━━━━━ Data for the task
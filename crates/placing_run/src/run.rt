// The whole walk: both lists cleared, the three steps in their order, and everything cleared again where a list was too short.
ghost use Rattle.std.specs.Prelude.{◌≡◌, List, ℕ, ◌*◌, ◌/◌, ◌≤◌, ℤ, length};
ghost use Rattle.grid_track_counts.specs.Counts.{Sound};
ghost use Rattle.theory_walk.specs.Axis.{Both};
ghost use Rattle.theory_walk.specs.Walk.{Board, walk};
ghost use Rattle.placing_request.specs.Items.{queued};
ghost use Rattle.placing_laying.specs.Ready.{setting_for, Ready, AfterStep};
ghost use Rattle.placing_step2.specs.Ends.{NoEnds, StandsFresh};
ghost use Rattle.placing_run.specs.Runs.{AfterRun};

use crate::definite::place_definite_items;
use grid_track_counts::TrackCounts;
use list_painting::clear;
use placing_laying::{Matrix, Run};
use placing_step2::place_definite_secondary_axis_items;
use placing_step4::place_remaining_items;
use refusals::Refusal;

// The steps 1, 2 and 4. (Step 3 is the caller's: its counts stand for it.)
fn walk_items(
    run: Run,
    matrix: Matrix,
    answers: &mut [i16],
    primary: &mut [i16],
    secondary: &mut [i16],
) -> Result<Matrix, Refusal>
    requires len_bound { length run.items.numbers.now / 6 ≤ 2000 }
    requires in_bounds { 5 * (length run.items.numbers.now / 6) ≤ length answers.old }
    requires stands_fresh { StandsFresh run.columns matrix answers.old primary.old secondary.old }
    ensures { (room : Both ℕ) (old : List ℤ) (b : Board) → Ready run.entry.columns room old b matrix answers.old primary.old secondary.old → NoEnds run.entry.columns b → AfterStep run.entry.columns room old (walk (setting_for run.entry.columns run.entry.dense room) (λ c. c) (queued run.entry.items.numbers.now) b) result answers.new primary.new secondary.new }
{
    let fixed = place_definite_items(run, matrix, answers, primary, secondary)?;
    let found = place_definite_secondary_axis_items(run, fixed, answers, primary, secondary)?;
    place_remaining_items(run, found, answers, primary, secondary)
}

// A checked request placed. The answer places are lent as many as the items need, so that no other place can be touched. The counts
// come back in the matrix; where a list was too short all that was lent is zero.
pub fn place_items(
    run: Run,
    primary_counts: TrackCounts,
    secondary_counts: TrackCounts,
    answers: &mut [i16],
    primary: &mut [i16],
    secondary: &mut [i16],
) -> Result<Matrix, Refusal>
    requires len_bound { length run.items.numbers.now / 6 ≤ 2000 }
    requires answers_len { length answers.old ≡ 5 * (length run.items.numbers.now / 6) }
    requires sound { Sound primary_counts × Sound secondary_counts }
    ensures { AfterRun run.entry.columns run.entry.dense run.entry.items.numbers.now primary_counts secondary_counts answers.old (length primary.old) (length secondary.old) result answers.new primary.new secondary.new }
{
    clear(primary);
    clear(secondary);
    let matrix = Matrix {
        primary: primary_counts,
        secondary: secondary_counts,
        primary_used: 0,
        secondary_used: 0,
    };
    let walked = walk_items(run, matrix, answers, primary, secondary);
    if walked.is_err() {
        clear(answers);
        clear(primary);
        clear(secondary);
    }
    walked
}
━━━━━━━━━━
> Work item
Retype the entire listing word for word.

> Exercise output
filename crates/placing_run/src/run.rt
// The whole walk: both lists cleared, the three steps in their order, and everything cleared again where a list was too short.
ghost use Rattle.std.specs.Prelude.{◌≡◌, List, ℕ, ◌*◌, ◌/◌, ◌≤◌, ℤ, length};
ghost use Rattle.grid_track_counts.specs.Counts.{Sound};
ghost use Rattle.theory_walk.specs.Axis.{Both};
ghost use Rattle.theory_walk.specs.Walk.{Board, walk};
ghost use Rattle.placing_request.specs.Items.{queued};
ghost use Rattle.placing_laying.specs.Ready.{setting_for, Ready, AfterStep};
ghost use Rattle.placing_step2.specs.Ends.{NoEnds, StandsFresh};
ghost use Rattle.placing_run.specs.Runs.{AfterRun};

use crate::definite::place_definite_items;
use grid_track_counts::TrackCounts;
use list_painting::clear;
use placing_laying::{Matrix, Run};
use placing_step2::place_definite_secondary_axis_items;
use placing_step4::place_remaining_items;
use refusals::Refusal;

// The steps 1, 2 and 4. (Step 3 is the caller's: its counts stand for it.)
fn walk_items(
    run: Run,
    matrix: Matrix,
    answers: &mut [i16],
    primary: &mut [i16],
    secondary: &mut [i16],
) -> Result<Matrix, Refusal>
    requires len_bound { length run.items.numbers.now / 6 ≤ 2000 }
    requires in_bounds { 5 * (length run.items.numbers.now / 6) ≤ length answers.old }
    requires stands_fresh { StandsFresh run.columns matrix answers.old primary.old secondary.old }
    ensures { (room : Both ℕ) (old : List ℤ) (b : Board) → Ready run.entry.columns room old b matrix answers.old primary.old secondary.old → NoEnds run.entry.columns b → AfterStep run.entry.columns room old (walk (setting_for run.entry.columns run.entry.dense room) (λ c. c) (queued run.entry.items.numbers.now) b) result answers.new primary.new secondary.new }
{
    let fixed = place_definite_items(run, matrix, answers, primary, secondary)?;
    let found = place_definite_secondary_axis_items(run, fixed, answers, primary, secondary)?;
    place_remaining_items(run, found, answers, primary, secondary)
}

// A checked request placed. The answer places are lent as many as the items need, so that no other place can be touched. The counts
// come back in the matrix; where a list was too short all that was lent is zero.
pub fn place_items(
    run: Run,
    primary_counts: TrackCounts,
    secondary_counts: TrackCounts,
    answers: &mut [i16],
    primary: &mut [i16],
    secondary: &mut [i16],
) -> Result<Matrix, Refusal>
    requires len_bound { length run.items.numbers.now / 6 ≤ 2000 }
    requires answers_len { length answers.old ≡ 5 * (length run.items.numbers.now / 6) }
    requires sound { Sound primary_counts × Sound secondary_counts }
    ensures { AfterRun run.entry.columns run.entry.dense run.entry.items.numbers.now primary_counts secondary_counts answers.old (length primary.old) (length secondary.old) result answers.new primary.new secondary.new }
{
    clear(primary);
    clear(secondary);
    let matrix = Matrix {
        primary: primary_counts,
        secondary: secondary_counts,
        primary_used: 0,
        secondary_used: 0,
    };
    let walked = walk_items(run, matrix, answers, primary, secondary);
    if walked.is_err() {
        clear(answers);
        clear(primary);
        clear(secondary);
    }
    walked
}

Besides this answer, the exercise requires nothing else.